Sunflowers can grow to 10 feet high and are very attractive to birds and butterflies as well as bees. I first saw a sunflower in a neighbour’s garden in Britain and was awed by its size (I was 2 years old). It was then pointed out to me that the black and white seeds the parrot my great-aunt’s friend owned ate sunflower seeds, and since then I have always thought of them as bird food, although I have eaten them as a snack with pumpkin seeds. They are often eaten in this way in Greece and Italy, but I can’t quite get rid of the thought of the parrot snacking on them.
   I have since seen fields of sunflowers in Italy in Tuscany and the Marche regions and have been impressed with their sun turning abilities. They face one way in the morning and in the evening, on the return journey they face in the opposite direction; truly sun turners or girasole as they are called in Italian. Another member of the Helianthus (literally sun=Helios and anthus=flower in Greek) family is the Jerusalem artichoke, Helianthus tuberosus.
   Sunflowers are native to the Americas and were domesticated by the Native Americans three thousand years ago. They were revered by the Aztecs and the priestess in the temples of the sun used to carry the flowers and wear wreaths of them in their hair. The Spaniards found delicately wrought golden sunflowers when they arrived in Peru in the 16th century. It was the conquistadores who were responsible for introducing the flowers to Europe in the 16th century where they were grown as curiosities.
Sunflower Seeds
  The oil yield of the seeds was increased by the Russians from 28% to nearly 50 % in the 19th century and now the oil is extensively used in cooking as it has a high smoke point and can be mixed with oils that have a lower smoke point such as olive and sesame oils. Sunflowers are also sources of biodiesel, but the cost of the oil prohibits it from being widely used as biodiesel currently.
    The seeds and oil are rich in vitamins A and E and the oil may be used as a moisturizer for oily skins as it has drying properties, but improves the elasticity of facial skin.

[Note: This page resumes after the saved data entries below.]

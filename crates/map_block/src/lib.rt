//! Values of one size in one allocation: what arrays, hashes and rings keep their keys and values in.
#![tactic(auto)]

pub mod block;

pub use block::Block;
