//! The ids of the maps and programs that a book keeps.

ghost use Rattle.std.specs.Prelude.{◌≡◌, ◌<◌, ◌≤◌, ◌++◌, [], ◌∷◌, filter, nat_le, take, drop, vec_len, vec_capacity, OnOk, option_to_list};
ghost use Rattle.std.specs.VecDeque.{deque_len, deque_capacity};
ghost use Rattle.journal_model.specs.Told.{id_told, prog_told};
ghost use Rattle.journal_keeping.specs.Boxes.{none_given, lasts_of, newest};

use host_state::Reply;
use host_words::NoMemory;
use journal_timeline::drop_front;
use std::alloc::Global;
use std::collections::VecDeque;

/// The last map id and the last program id that had been given.
#[derive(Clone, Copy)]
pub struct LastIds {
    pub map_id: u32,
    pub prog_id: u32,
}

/// Every map and program id that undo or redo can still reach, ascending; and the last ids that
/// had been given when each moment was made, the undone ones last, and by the base.
#[derive(Drop)]
pub struct Ids {
    pub maps: Vec<u32>,
    pub progs: Vec<u32>,
    pub lasts: VecDeque<LastIds>,
    pub base: LastIds,
}

impl Ids {
    /// No ids, and no moments.
    pub fn new(alloc: Global) -> Ids
        ensures maps { result.maps.items ≡ [] }
        ensures progs { result.progs.items ≡ [] }
        ensures lasts { result.lasts.items ≡ [] }
        ensures base { result.base ≡ none_given }
    {
        Ids {
            maps: Vec::new(alloc),
            progs: Vec::new(alloc),
            lasts: VecDeque::new(alloc),
            base: LastIds {
                map_id: 0,
                prog_id: 0,
            },
        }
    }

    /// Makes room for one more moment, and for an object that it makes.
    pub fn reserve(&mut self) -> Result<(), NoMemory>
        ensures maps { self.new.maps.items ≡ self.old.maps.items }
        ensures progs { self.new.progs.items ≡ self.old.progs.items }
        ensures lasts { self.new.lasts.items ≡ self.old.lasts.items }
        ensures base { self.new.base ≡ self.old.base }
        ensures maps_room { OnOk result (vec_len self.new.maps < vec_capacity self.new.maps) }
        ensures progs_room { OnOk result (vec_len self.new.progs < vec_capacity self.new.progs) }
        ensures lasts_room { OnOk result (deque_len self.new.lasts < deque_capacity self.new.lasts) }
    {
        self.maps.reserve(1)?;
        self.progs.reserve(1)?;
        self.lasts.reserve(1)?;
        Ok(())
    }

    /// Gives up what was given after this number of moments.
    pub fn give_up(&mut self, standing: usize)
        ensures maps { self.new.maps.items ≡ filter (λ id. nat_le id (newest (lasts_of self.old.base (take standing self.old.lasts.items))).map_id) self.old.maps.items }
        ensures progs { self.new.progs.items ≡ filter (λ id. nat_le id (newest (lasts_of self.old.base (take standing self.old.lasts.items))).prog_id) self.old.progs.items }
        ensures lasts { self.new.lasts.items ≡ take standing self.old.lasts.items }
        ensures base { self.new.base ≡ self.old.base }
        ensures maps_len { vec_len self.new.maps ≤ vec_len self.old.maps }
        ensures progs_len { vec_len self.new.progs ≤ vec_len self.old.progs }
        ensures lasts_len { deque_len self.new.lasts ≤ deque_len self.old.lasts }
        ensures maps_room { vec_capacity self.new.maps ≡ vec_capacity self.old.maps }
        ensures progs_room { vec_capacity self.new.progs ≡ vec_capacity self.old.progs }
        ensures lasts_room { deque_capacity self.new.lasts ≡ deque_capacity self.old.lasts }
    {
        self.lasts.truncate(standing);
        let last = newest(self.base, &self.lasts);
        drop_above(&mut self.maps, last.map_id);
        drop_above(&mut self.progs, last.prog_id);
    }

    /// Adds the last ids that were given when a moment is made, and the id of what it makes, if the reply tells of one.
    pub fn add(&mut self, last: LastIds, reply: &Reply)
        requires maps_room { vec_len self.old.maps < vec_capacity self.old.maps }
        requires progs_room { vec_len self.old.progs < vec_capacity self.old.progs }
        requires lasts_room { deque_len self.old.lasts < deque_capacity self.old.lasts }
        ensures maps { self.new.maps.items ≡ self.old.maps.items ++ option_to_list (id_told reply.now) }
        ensures progs { self.new.progs.items ≡ self.old.progs.items ++ option_to_list (prog_told reply.now) }
        ensures lasts { self.new.lasts.items ≡ self.old.lasts.items ++ last ∷ [] }
        ensures base { self.new.base ≡ self.old.base }
    {
        match reply {
            Reply::Id(id) => self.maps.push_reserved(*id),
            Reply::Loaded(id) => self.progs.push_reserved(*id),
            Reply::Done | Reply::Value(_) | Reply::Old(_) => {}
        }
        self.lasts.push_back_reserved(last);
    }

    /// Gives up the first so many moments: the last ids that had been given after them are those of the base.
    pub fn advance(&mut self, count: usize)
        requires { count ≤ deque_len self.old.lasts }
        ensures base { self.new.base ≡ newest (lasts_of self.old.base (take count self.old.lasts.items)) }
        ensures lasts { self.new.lasts.items ≡ drop count self.old.lasts.items }
        ensures maps { self.new.maps.items ≡ self.old.maps.items }
        ensures progs { self.new.progs.items ≡ self.old.progs.items }
    {
        if count > 0 {
            self.base = self.lasts[count - 1];
        }
        drop_front(&mut self.lasts, count);
    }
}

// The last that had been given when the newest moment was made; those of the base if there is none.
fn newest(base: LastIds, lasts: &VecDeque<LastIds>) -> LastIds
    ensures { result ≡ newest (lasts_of base lasts.now.items) }
{
    match lasts.back() {
        Some(last) => *last,
        None => base,
    }
}

// Drops the ids above this one.
fn drop_above(ids: &mut Vec<u32>, last: u32)
    ensures items { ids.new.items ≡ filter (λ id. nat_le id last) ids.old.items }
    ensures len { vec_len ids.new ≤ vec_len ids.old }
    ensures room { vec_capacity ids.new ≡ vec_capacity ids.old }
{
    ids.retain(|id| *id <= last);
}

  No part of the plant is wasted as the stems are good for fuel when dry and the stems and leaves can be given to domestic animals as tasty fodder. The oil-cake left after the oil has been extracted from the seeds is also used as animal fodder. Even the flowers can be used to make a yellow dye.
Painting by Van Gogh
  Sunflower oil contains a high proportion of unsaturated fatty acids (90%) with the remaining 10% made up of saturated acids, palmitic and stearic. The oil is good as salad dressing, for cooking and is made into margarine.
   The seeds have diuretic and expectorant properties and have been used to treat bronchial, laryngeal and pulmonary problems, as well as coughs and colds. The recipe for a cough medicine is given below. The tincture made from the seeds has been used to reduce fevers, while the leaves from the plant have been incorporated into some herbal tobaccos.

2 oz sunflower seeds
2 pints water
6 fl.oz. gin
6 oz sugar

Boil the seeds in the water until it is reduced to 12 fl ozs.
Strain and add the gin and sugar stirring until the sugar dissolves.
Dose: 1-2 tsps 3 or 4 times a day.
This has Taste and is a Treat(ment).